### INSTRUCTIONS TO FOLLOW
Copy out each line in the listing below where the word "tried" appears.

----

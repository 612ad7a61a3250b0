ghost use Rattle.std.specs.Prelude.{◌≡◌, ◌↔◌, ◌≤◌, ◌<◌, ◌+◌, ◌-◌, length, map, option_and_then, option_map, slice_get, IfOk, IfSome, IsSome, IsTrue, MatchOption, None, Some};
ghost use Rattle.std.specs.Option.{option_copied};
ghost use Rattle.dt_lists.specs.Lists.{Distinct};
ghost use Rattle.dt_access.specs.Clash.{Bytes};
ghost use Rattle.dt_access.specs.Orders.{HasAscendingKeys};
ghost use Rattle.dt_workload.specs.Valid.{calls_in, session_count_at, session_names};
ghost use Rattle.dt_session.specs.Sessions.{AreAllAnswered, AreSoundSeats, EachNameIsAnswered, IsNext, IsSoundSeat, MayBeAnswered, MayGo, MaySeatEnd, MaySeatTry, StandsAt};
ghost use Rattle.dt_session.specs.Sessions.{after_answer, after_wait, all_idle, answered_seat, numbers_next, seat_of, waiting, waits_of, wanted_of};
ghost use Rattle.dt_session.specs.Tries.{IsLast, IsStale, body_of, ranked_body};

use dt_access::{TryCopy, TxnId};
use dt_text::{Name, NoMemory};
use dt_txn::{Body, Outcome};
use dt_workload::{Bodies, Wanted, Workload};
use indexmap::IndexMap;
use std::alloc::Global;
use std::collections::BTreeMap;
use std::marker::Model;

/// An attempt that a session waits for.
#[derive(Clone, Copy, Debug, PartialEq, Eq)]
pub struct Waiting {
    pub id: TxnId,
    /// The number of the attempt in its call, from 1.
    pub attempt: u32,
}

/// A session: what it wants, and where it stands.
#[derive(Drop)]
pub struct Seat {
    pub calls: Bodies,
    /// How many of its calls are answered.
    pub answered: u32,
    /// The attempt that it waits for, if it does.
    pub waits: Option<Waiting>,
}

/// The sessions of one region, found by their names.
///
/// Contracts see how often a call may be tried (`tries`), and as `seats` each session with its name, in byte order of names. Its
/// type keeps that no name stands twice.
#[derive(Drop)]
pub struct Sessions {
    tries: u32,
    /// In byte order of names.
    seats: IndexMap<Name, Seat>,
}

impl Model for Sessions {
    ghost use Rattle.dt_session.specs.Sessions.{AreSoundSeats, SessionsView};
    ghost use Rattle.dt_session.specs.SessionsCode.{sessions_code};

    ghost Value = { SessionsView };

    ghost coded = { sessions_code };

    ghost view = { λ s. record { tries = s.tries; seats = s.seats.entries } };

    ghost invariant = { λ s. AreSoundSeats s.seats.entries };
}

impl Sessions {
    /// The sessions of a workload that are at this region, before their first calls. A call may be tried `tries` times. No two
    /// sessions of the workload have one name, at most 64 of them are at this region, and it has at most 20,000 calls, as each
    /// workload of a cluster.
    pub fn new(alloc: Global, workload: &Workload, region: u8, tries: u32) -> Result<Self, NoMemory>
        requires names { Distinct (session_names workload.now.sessions) }
        requires sessions { session_count_at region workload.now.sessions ≤ 64 }
        requires few { calls_in workload.now.sessions ≤ 20000 }
        ensures { IfOk result (λ sessions. sessions ≡ all_idle tries region workload.now) }
    {
        let sessions = workload.sessions.as_slice();
        let mut seats = BTreeMap::new(alloc);
        for session in sessions.iter().rev() {
            if session.region == region {
                let seat = Seat {
                    calls: session.calls.copy(alloc)?,
                    answered: 0,
                    waits: None,
                };
                seats.insert(session.name.copy(alloc)?, seat)?;
            }
        }
        Ok(Sessions {
            tries,
            seats: listed(alloc, seats)?,
        })
    }

    /// The place, from 0, in byte order of names, of the session of this name. `None` exactly where it is not here.
    pub fn place_of(&self, session: &Name) -> Option<u32>
        ensures { MatchOption result (seat_of self.now session.now ≡ None) (λ place. StandsAt self.now place session.now) }
    {
        Some(self.seats.get_index_of(session)? as u32)
    }

    /// The session at this place, from 0, in byte order of names, if one stands there.
    fn seat_at(&self, index: u32) -> Option<&Seat>
        ensures found { (name : Bytes) → StandsAt self.now index name → option_copied result ≡ seat_of self.now name }
        ensures there { IsSome result ↔ (index < length self.now.seats) }
        ensures sound { IfSome result (λ seat. IsSoundSeat seat.now) }
    {
        let (_, seat) = self.seats.get_index(index as usize)?;
        Some(seat)
    }

    /// The numbers of the call and of the attempt, both from 1, that the session at this place, from 0, in byte order of names,
    /// may submit next. `last` is the outcome here of the attempt that it waits for, if there is one. `None` exactly where it may
    /// submit nothing, or no session stands there.
    pub fn next_at(&self, index: u32, last: Option<&Outcome>) -> Option<(u32, u32)>
        ensures numbers { (name : Bytes) → StandsAt self.now index name → IsNext self.now name (option_copied last.entry) result }
        ensures there { IsSome result → index < length self.now.seats }
    {
        next_numbers(self.tries, self.seat_at(index)?, last)
    }

    /// Lets the session at this place, from 0, in byte order of names, wait for its next attempt, which got this id. `next_at`
    /// gives its numbers.
    pub fn wait_at(&mut self, index: u32, id: TxnId, last: Option<&Outcome>)
        requires { (name : Bytes) × StandsAt self.old index name × MayGo self.old name (option_copied last) }
        ensures { (name : Bytes) → StandsAt self.old index name → self.new ≡ after_wait self.old name id }
    {
        let Some(seat) = self.seats.get_index_mut(index as usize) else {
            unreachable!()
        };
        begin_try(self.tries, seat, id, last);
    }

    /// The rank of the call of this number, from 1, of the session at this place, from 0, in byte order of names, and what it is
    /// to do.
    pub fn body_at(&self, alloc: Global, index: u32, call: u32) -> Result<(u8, Body), NoMemory>
        requires from { 1 ≤ call }
        requires there { (name : Bytes) × StandsAt self.now index name × IsSome (wanted_of self.now name call) }
        ensures { (name : Bytes) → StandsAt self.now index name → IfOk result (λ answer. option_map ranked_body (wanted_of self.now name call) ≡ Some answer) }
    {
        let Some(seat) = self.seat_at(index) else {
            unreachable!()
        };
        call_body(alloc, seat, call)
    }

    /// The name of the session at this place, from 0, in byte order of names, in which no name stands twice. `None` exactly at or
    /// past their number. The name finds the session of that place.
    pub fn name(&self, index: u32) -> Option<&Name>
        ensures place { option_copied result ≡ slice_get (map (λ p. p.0) self.now.seats) index }
        ensures finds { option_and_then (seat_of self.now) (option_copied result) ≡ option_map (λ p. p.1) (slice_get self.now.seats index) }
        ensures ascending { HasAscendingKeys self.now.seats }
    {
        let (name, _) = self.seats.get_index(index as usize)?;
        Some(name)
    }

    /// The attempt that the session at this place, from 0, in byte order of names, waits for. `None` exactly where it is idle or
    /// not here.
    pub fn waits_at(&self, index: u32) -> Option<TxnId>
        ensures { result ≡ option_and_then (waits_of self.now) (slice_get (map (λ p. p.0) self.now.seats) index) }
    {
        waited_for(self.seat_at(index)?)
    }

    /// Whether every call of every session is answered, so of each session that a name finds.
    pub fn all_answered(&self) -> bool
        ensures all { IsTrue result ↔ AreAllAnswered self.now }
        ensures by_name { IsTrue result ↔ EachNameIsAnswered self.now }
    {
        self.seats
            .iter()
            .all(|entry| entry.1.answered as usize == entry.1.calls.len())
    }

    /// Whether the session at this place, from 0, in byte order of names, may be answered. `last` is the outcome here of the
    /// attempt that it waits for, if there is one. `false` too where no session stands there.
    pub fn may_answer_at(&self, index: u32, last: Option<&Outcome>) -> bool
        ensures may { (name : Bytes) → StandsAt self.now index name → IsTrue result ↔ MayBeAnswered self.now name (option_copied last.entry) }
        ensures there { IsTrue result → index < length self.now.seats }
    {
        let Some(seat) = self.seat_at(index) else {
            return false;
        };
        is_answerable(self.tries, seat, last)
    }

    /// Answers the session at this place, from 0, in byte order of names, if it may be answered: it waits for nothing then, before
    /// its next call. `last` is the outcome here of the attempt that it waits for, if there is one. Where it may not, or no session
    /// stands there, nothing changes.
    pub fn answer_at(&mut self, index: u32, last: Option<&Outcome>) -> bool
        ensures legal { (name : Bytes) → StandsAt self.old index name → IsTrue result ↔ MayBeAnswered self.old name (option_copied last.entry) }
        ensures answered { IsTrue result → (name : Bytes) → StandsAt self.old index name → self.new ≡ after_answer self.old name }
        ensures there { IsTrue result → index < length self.old.seats }
        ensures same { ¬ (IsTrue result) → self.new ≡ self.old }
    {
        let Some(seat) = self.seats.get_index_mut(index as usize) else {
            return false;
        };
        end_call(self.tries, seat, last)
    }
}

/// The sessions of a map, in the order of their names.
fn listed(alloc: Global, seats: BTreeMap<Name, Seat>) -> Result<IndexMap<Name, Seat>, NoMemory>
    ensures { IfOk result (λ listed. listed.entries ≡ seats.entries) }
{
    let mut listed = IndexMap::with_capacity(alloc, seats.len())?;
    for (name, seat) in seats {
        listed.insert(name, seat)?;
    }
    Ok(listed)
}

/// The numbers of the call and of the attempt, both from 1, that a session may submit next, where the attempt that it waits
/// for, if it waits for one, has this outcome. `None` exactly where it may submit nothing.
fn next_numbers(tries: u32, seat: &Seat, last: Option<&Outcome>) -> Option<(u32, u32)>
    requires { IsSoundSeat seat.now }
    ensures may { IsSome result ↔ MaySeatTry tries (Some seat.now) (option_copied last.entry) }
    ensures numbers { IfSome result (λ numbers. numbers ≡ numbers_next seat.now) }
{
    let Some(waiting) = seat.waits else {
        return if (seat.answered as usize) < seat.calls.len() {
            Some((seat.answered + 1, 1))
        } else {
            None
        };
    };
    if !is_stale(last) || waiting.attempt >= tries {
        return None;
    }
    Some((seat.answered + 1, waiting.attempt + 1))
}

/// Lets a session wait for its next attempt, which got this id. `last` is the outcome of the attempt that it waits for, if there
/// is one.
fn begin_try(tries: u32, seat: &mut Seat, id: TxnId, last: Option<&Outcome>)
    requires sound { IsSoundSeat seat.old }
    requires may { MaySeatTry tries (Some seat.old) (option_copied last) }
    ensures waits { seat.new ≡ waiting seat.old id }
    ensures sound { IsSoundSeat seat.new }
{
    let Some((_, attempt)) = next_numbers(tries, seat, last) else {
        unreachable!()
    };
    seat.waits = Some(Waiting { id, attempt });
}

/// Answers a session, if it may be answered. `last` is the outcome of the attempt that it waits for, if there is one. Where it
/// may not, nothing changes.
fn end_call(tries: u32, seat: &mut Seat, last: Option<&Outcome>) -> bool
    requires { IsSoundSeat seat.old }
    ensures legal { IsTrue result ↔ MaySeatEnd tries (Some seat.old) (option_copied last.entry) }
    ensures answered { IsTrue result → seat.new ≡ answered_seat seat.old }
    ensures same { ¬ (IsTrue result) → seat.new ≡ seat.old }
    ensures sound { IsSoundSeat seat.new }
{
    if !is_answerable(tries, seat, last) {
        return false;
    }
    seat.answered += 1;
    seat.waits = None;
    true
}

/// The rank of the call of this number, from 1, of a session, and what it is to do.
fn call_body(alloc: Global, seat: &Seat, call: u32) -> Result<(u8, Body), NoMemory>
    requires from { 1 ≤ call }
    requires there { IsSome (slice_get seat.now.calls (call - 1)) }
    ensures { IfOk result (λ answer. option_map ranked_body (slice_get seat.now.calls (call - 1)) ≡ Some answer) }
{
    let ranked = &seat.calls.as_slice()[call as usize - 1];
    Ok((ranked.rank, copy_body(alloc, &ranked.wanted)?))
}

/// Whether a session may be answered, where the attempt that it waits for, if it waits for one, has this outcome.
fn is_answerable(tries: u32, seat: &Seat, last: Option<&Outcome>) -> bool
    ensures { IsTrue result ↔ MaySeatEnd tries (Some seat.now) (option_copied last.entry) }
{
    let Some(waiting) = seat.waits else {
        return false;
    };
    is_last(tries, waiting.attempt, last)
}

/// The attempt that a session waits for, if it does.
fn waited_for(seat: &Seat) -> Option<TxnId>
    ensures { result ≡ option_map (λ w. w.id) seat.now.waits }
{
    let waiting = seat.waits?;
    Some(waiting.id)
}

/// What a call or a move of a workload is to do.
fn copy_body(alloc: Global, wanted: &Wanted) -> Result<Body, NoMemory>
    ensures { IfOk result (λ body. body ≡ body_of wanted.now) }
{
    match wanted {
        Wanted::Call(proc, args) => Ok(Body::Call(*proc, args.copy(alloc)?)),
        Wanted::Move(key, target) => Ok(Body::Move(key.copy(alloc)?, *target)),
    }
}

/// Whether an outcome is there, and stale.
fn is_stale(last: Option<&Outcome>) -> bool
    ensures { IsTrue result ↔ IsStale (option_copied last.entry) }
{
    matches!(last, Some(Outcome::Stale { .. }))
}

/// Whether an attempt of this number, with this outcome, ends its call.
fn is_last(tries: u32, attempt: u32, last: Option<&Outcome>) -> bool
    ensures { IsTrue result ↔ IsLast tries attempt (option_copied last.entry) }
{
    match last {
        None => false,
        Some(Outcome::Stale { .. }) => attempt == tries,
        Some(_) => true,
    }
}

----

### ANSWER TO THIS TASK
/// Contracts see how often a call may be tried (`tries`), and as `seats` each session with its name, in byte order of names. Its
    /// The sessions of a workload that are at this region, before their first calls. A call may be tried `tries` times. No two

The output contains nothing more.